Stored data
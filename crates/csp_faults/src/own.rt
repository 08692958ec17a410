//! What is to blame in a term's own parts.

ghost use Rattle.std.specs.Prelude.{◌≡◌, length, slice_get};
ghost use Rattle.theory_syntax.specs.Expression.{to_expressions};
ghost use Rattle.theory_syntax.specs.Operators.{replicated_process};
ghost use Rattle.theory_syntax.specs.Process.{AlphabetisedParallel, Call, Process};
ghost use Rattle.theory_faults.specs.Processes.{arguments_misfit, own_culprit};
ghost use Rattle.csp_events.specs.Events.{event_set_of};
ghost use Rattle.csp_expression.specs.Expression.{expression_of, expressions_of};
ghost use Rattle.csp_term.specs.Script.{script_of_parts};
ghost use Rattle.csp_term.specs.Term.{process_of};
ghost use Rattle.csp_faults.specs.Culprit.{Finds, found_of};

use crate::asked::{condition_culprit, members_culprit, no_choice};
use crate::culprit::Culprit;
use crate::events::event_set_culprit;
use crate::expressions::first_culprit;
use crate::fields::prefix_culprit;
use crate::renamings::renaming_culprit;
use csp_events::EventSet;
use csp_expression::Expr;
use csp_term::{
    AllocHandle, EquationId, Memory, Name, ReplicatedOperator, ScriptParts, Term, TermForm,
};

/// What is to blame in the term's own arguments, fields, sets, pairs and conditions, from left to right.
pub(crate) fn own_culprit<A: AllocHandle>(
    alloc: A,
    script: &ScriptParts<A>,
    term: &Term<A>,
) -> Result<Option<Culprit<A>>, Memory>
    ensures { Finds result (own_culprit (script_of_parts script.now) (process_of term.now)) }
{
    match term.form() {
        TermForm::Call(equation, arguments) => call_culprit(alloc, script, *equation, arguments),
        TermForm::Prefix(channel, fields, _) => prefix_culprit(alloc, script, *channel, fields),
        TermForm::Guard(condition, _) => condition_culprit(alloc, &script.types, condition),
        TermForm::If(condition, _, _) => condition_culprit(alloc, &script.types, condition),
        TermForm::GeneralisedParallel(_, shared, _) => event_set_culprit(alloc, script, shared),
        TermForm::AlphabetisedParallel(_, own, other, _) => {
            alphabets_culprit(alloc, script, own, other)
        }
        TermForm::Hiding(_, hidden) => event_set_culprit(alloc, script, hidden),
        TermForm::Renaming(_, pairs) => renaming_culprit(alloc, script, pairs),
        TermForm::Replicated(operator, name, set, _) => {
            replicated_culprit(alloc, script, *operator, *name, set)
        }
        TermForm::Stop => Ok(None),
        TermForm::Skip => Ok(None),
        TermForm::Omega => Ok(None),
        TermForm::Binary(_, _, _) => Ok(None),
        TermForm::SlidingChoice(_, _) => Ok(None),
    }
}

/// What is to blame in a call.
fn call_culprit<A: AllocHandle>(
    alloc: A,
    script: &ScriptParts<A>,
    equation: EquationId,
    arguments: &[Expr<A>],
) -> Result<Option<Culprit<A>>, Memory>
    ensures { Finds result (own_culprit (script_of_parts script.now)
        (Call equation.0 (to_expressions (expressions_of arguments.now)))) }
{
    let found = first_culprit(alloc, &script.types, arguments)?;
    if found.is_some() {
        return Ok(found);
    }
    Ok(arguments_misfit(script, equation, arguments))
}

/// That there is no such equation, or it has another number of parameters.
fn arguments_misfit<A: AllocHandle>(
    script: &ScriptParts<A>,
    equation: EquationId,
    arguments: &[Expr<A>],
) -> Option<Culprit<A>>
    ensures { found_of result ≡ arguments_misfit (length arguments.now)
        (slice_get (script_of_parts script.now).equations equation.0) }
{
    let Some(called) = script.equations.get(equation.0 as usize) else {
        return Some(Culprit::Misfit);
    };
    if called.parameters.len() == arguments.len() {
        None
    } else {
        Some(Culprit::Misfit)
    }
}

/// What is to blame in the sets of both sides.
fn alphabets_culprit<A: AllocHandle>(
    alloc: A,
    script: &ScriptParts<A>,
    own: &EventSet<A>,
    other: &EventSet<A>,
) -> Result<Option<Culprit<A>>, Memory>
    ensures { (left : Process) (right : Process) → Finds result
        (own_culprit (script_of_parts script.now)
        (AlphabetisedParallel left (event_set_of own.now) (event_set_of other.now) right)) }
{
    let found = event_set_culprit(alloc, script, own)?;
    match found {
        Some(culprit) => Ok(Some(culprit)),
        None => event_set_culprit(alloc, script, other),
    }
}

/// What is to blame in the set of a replicated operator. An internal choice needs a value in it.
fn replicated_culprit<A: AllocHandle>(
    alloc: A,
    script: &ScriptParts<A>,
    operator: ReplicatedOperator,
    name: Name,
    set: &Expr<A>,
) -> Result<Option<Culprit<A>>, Memory>
    ensures { (body : Process)
        → Finds result (own_culprit (script_of_parts script.now)
        (replicated_process operator name.0 (expression_of set.now) body)) }
{
    let found = members_culprit(alloc, &script.types, set)?;
    if found.is_some() {
        return Ok(found);
    }
    match operator {
        ReplicatedOperator::InternalChoice => no_choice(alloc, &script.types, name, set),
        ReplicatedOperator::ExternalChoice => Ok(None),
        ReplicatedOperator::Interleaving => Ok(None),
    }
}
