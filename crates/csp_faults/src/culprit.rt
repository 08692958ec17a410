//! Parts of a term that are to blame.

use csp_expression::{Cause, Expr, Name};
use csp_value::{ChannelId, ConId, Value};
use std::alloc::Allocator;

/// What a field is one of.
#[derive(Clone, Copy, PartialEq, Eq)]
pub enum Owner {
    /// A field of this channel.
    Channel(ChannelId),
    /// A field of this constructor.
    Constructor(ConId),
}

/// What is to blame that a rule lacks a value.
#[derive(Drop)]
pub enum Culprit<A: Allocator> {
    /// The expression has no value, by this cause, though its operands have one. An operator has their values as its
    /// operands.
    Valueless(Expr<A>, Cause),
    /// The value lies outside of the set of the field with this number, counted from 1.
    Outside(Owner, usize, Value<A>),
    /// An internal choice that gives the name the values of this set, which is empty.
    NoChoice(Name, Expr<A>),
    /// A part is of the wrong kind, which none is in a closed, well-kinded term.
    Misfit,
}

§ Instructions for the task
Identify the lines above that contain the word "What", then copy them.

§ Answer box
//! What is to blame in a term's own parts.
/// What is to blame in the term's own arguments, fields, sets, pairs and conditions, from left to right.
/// What is to blame in a call.
/// What is to blame in the sets of both sides.
/// What is to blame in the set of a replicated operator. An internal choice needs a value in it.
/// What a field is one of.
/// What is to blame that a rule lacks a value.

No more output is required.